Reproduce exactly, from the data that follows, the line with "self.fields.put(condition, field, value);", the line with "let source = self.source.copy(alloc)?;", and every line that lies between them.

-------------------------

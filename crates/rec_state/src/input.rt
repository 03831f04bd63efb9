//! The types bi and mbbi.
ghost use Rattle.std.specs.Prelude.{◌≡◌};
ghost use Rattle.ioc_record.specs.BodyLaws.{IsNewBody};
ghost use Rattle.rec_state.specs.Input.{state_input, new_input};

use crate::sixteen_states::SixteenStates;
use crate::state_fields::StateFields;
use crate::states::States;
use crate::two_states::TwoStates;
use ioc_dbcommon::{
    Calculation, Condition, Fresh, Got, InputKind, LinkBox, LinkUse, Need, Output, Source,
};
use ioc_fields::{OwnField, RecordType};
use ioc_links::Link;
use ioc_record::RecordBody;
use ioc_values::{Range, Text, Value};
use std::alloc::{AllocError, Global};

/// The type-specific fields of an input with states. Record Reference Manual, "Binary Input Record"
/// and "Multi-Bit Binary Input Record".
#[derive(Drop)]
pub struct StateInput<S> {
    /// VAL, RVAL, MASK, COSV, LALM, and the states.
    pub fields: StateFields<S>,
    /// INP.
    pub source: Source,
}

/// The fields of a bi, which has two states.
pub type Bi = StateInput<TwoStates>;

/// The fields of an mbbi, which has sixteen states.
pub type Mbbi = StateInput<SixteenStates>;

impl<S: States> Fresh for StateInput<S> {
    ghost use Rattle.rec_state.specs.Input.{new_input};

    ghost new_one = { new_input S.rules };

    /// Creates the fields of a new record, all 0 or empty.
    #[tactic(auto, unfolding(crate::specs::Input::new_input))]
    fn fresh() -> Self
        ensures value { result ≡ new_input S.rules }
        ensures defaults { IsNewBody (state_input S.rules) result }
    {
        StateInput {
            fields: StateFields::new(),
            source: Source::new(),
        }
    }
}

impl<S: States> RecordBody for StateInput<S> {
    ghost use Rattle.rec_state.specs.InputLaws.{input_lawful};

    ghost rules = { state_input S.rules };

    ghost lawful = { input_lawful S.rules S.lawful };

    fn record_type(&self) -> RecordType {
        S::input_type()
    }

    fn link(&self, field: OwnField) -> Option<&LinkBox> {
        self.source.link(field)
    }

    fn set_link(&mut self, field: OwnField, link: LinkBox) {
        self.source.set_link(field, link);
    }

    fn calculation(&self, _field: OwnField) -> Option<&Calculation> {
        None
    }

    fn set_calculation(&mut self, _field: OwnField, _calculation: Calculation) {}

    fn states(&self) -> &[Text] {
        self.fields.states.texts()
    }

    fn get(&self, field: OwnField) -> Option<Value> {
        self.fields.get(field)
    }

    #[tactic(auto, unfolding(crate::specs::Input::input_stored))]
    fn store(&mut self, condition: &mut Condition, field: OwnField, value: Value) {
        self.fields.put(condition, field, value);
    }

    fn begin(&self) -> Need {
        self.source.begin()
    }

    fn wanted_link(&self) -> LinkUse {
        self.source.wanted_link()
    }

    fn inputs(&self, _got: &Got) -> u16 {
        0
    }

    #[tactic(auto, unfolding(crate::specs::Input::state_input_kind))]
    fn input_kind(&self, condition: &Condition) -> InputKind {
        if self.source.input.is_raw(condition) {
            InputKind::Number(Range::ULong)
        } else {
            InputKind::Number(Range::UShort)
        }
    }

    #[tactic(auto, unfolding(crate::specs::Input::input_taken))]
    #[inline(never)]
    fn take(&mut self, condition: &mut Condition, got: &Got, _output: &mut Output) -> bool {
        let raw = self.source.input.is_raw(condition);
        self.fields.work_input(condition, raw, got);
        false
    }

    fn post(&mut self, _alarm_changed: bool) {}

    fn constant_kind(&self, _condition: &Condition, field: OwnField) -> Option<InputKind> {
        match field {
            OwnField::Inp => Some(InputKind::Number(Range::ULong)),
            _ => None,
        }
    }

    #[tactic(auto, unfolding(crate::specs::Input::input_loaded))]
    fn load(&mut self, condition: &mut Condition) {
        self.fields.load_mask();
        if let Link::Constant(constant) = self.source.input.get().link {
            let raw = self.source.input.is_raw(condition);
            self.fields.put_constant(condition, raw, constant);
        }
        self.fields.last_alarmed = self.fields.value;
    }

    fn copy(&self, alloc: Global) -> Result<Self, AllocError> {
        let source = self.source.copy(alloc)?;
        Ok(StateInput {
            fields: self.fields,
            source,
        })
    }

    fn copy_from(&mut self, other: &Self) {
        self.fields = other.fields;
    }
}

-------------------------

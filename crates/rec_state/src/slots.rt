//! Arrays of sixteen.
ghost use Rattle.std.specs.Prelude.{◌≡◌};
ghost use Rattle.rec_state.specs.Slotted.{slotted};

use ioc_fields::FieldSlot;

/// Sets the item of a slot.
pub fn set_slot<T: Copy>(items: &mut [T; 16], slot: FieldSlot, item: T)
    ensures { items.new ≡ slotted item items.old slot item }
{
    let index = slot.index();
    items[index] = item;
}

-------------------------

* **TASK OUTPUT**
        self.fields.put(condition, field, value);
    }

    fn begin(&self) -> Need {
        self.source.begin()
    }

    fn wanted_link(&self) -> LinkUse {
        self.source.wanted_link()
    }

    fn inputs(&self, _got: &Got) -> u16 {
        0
    }

    #[tactic(auto, unfolding(crate::specs::Input::state_input_kind))]
    fn input_kind(&self, condition: &Condition) -> InputKind {
        if self.source.input.is_raw(condition) {
            InputKind::Number(Range::ULong)
        } else {
            InputKind::Number(Range::UShort)
        }
    }

    #[tactic(auto, unfolding(crate::specs::Input::input_taken))]
    #[inline(never)]
    fn take(&mut self, condition: &mut Condition, got: &Got, _output: &mut Output) -> bool {
        let raw = self.source.input.is_raw(condition);
        self.fields.work_input(condition, raw, got);
        false
    }

    fn post(&mut self, _alarm_changed: bool) {}

    fn constant_kind(&self, _condition: &Condition, field: OwnField) -> Option<InputKind> {
        match field {
            OwnField::Inp => Some(InputKind::Number(Range::ULong)),
            _ => None,
        }
    }

    #[tactic(auto, unfolding(crate::specs::Input::input_loaded))]
    fn load(&mut self, condition: &mut Condition) {
        self.fields.load_mask();
        if let Link::Constant(constant) = self.source.input.get().link {
            let raw = self.source.input.is_raw(condition);
            self.fields.put_constant(condition, raw, constant);
        }
        self.fields.last_alarmed = self.fields.value;
    }

    fn copy(&self, alloc: Global) -> Result<Self, AllocError> {
        let source = self.source.copy(alloc)?;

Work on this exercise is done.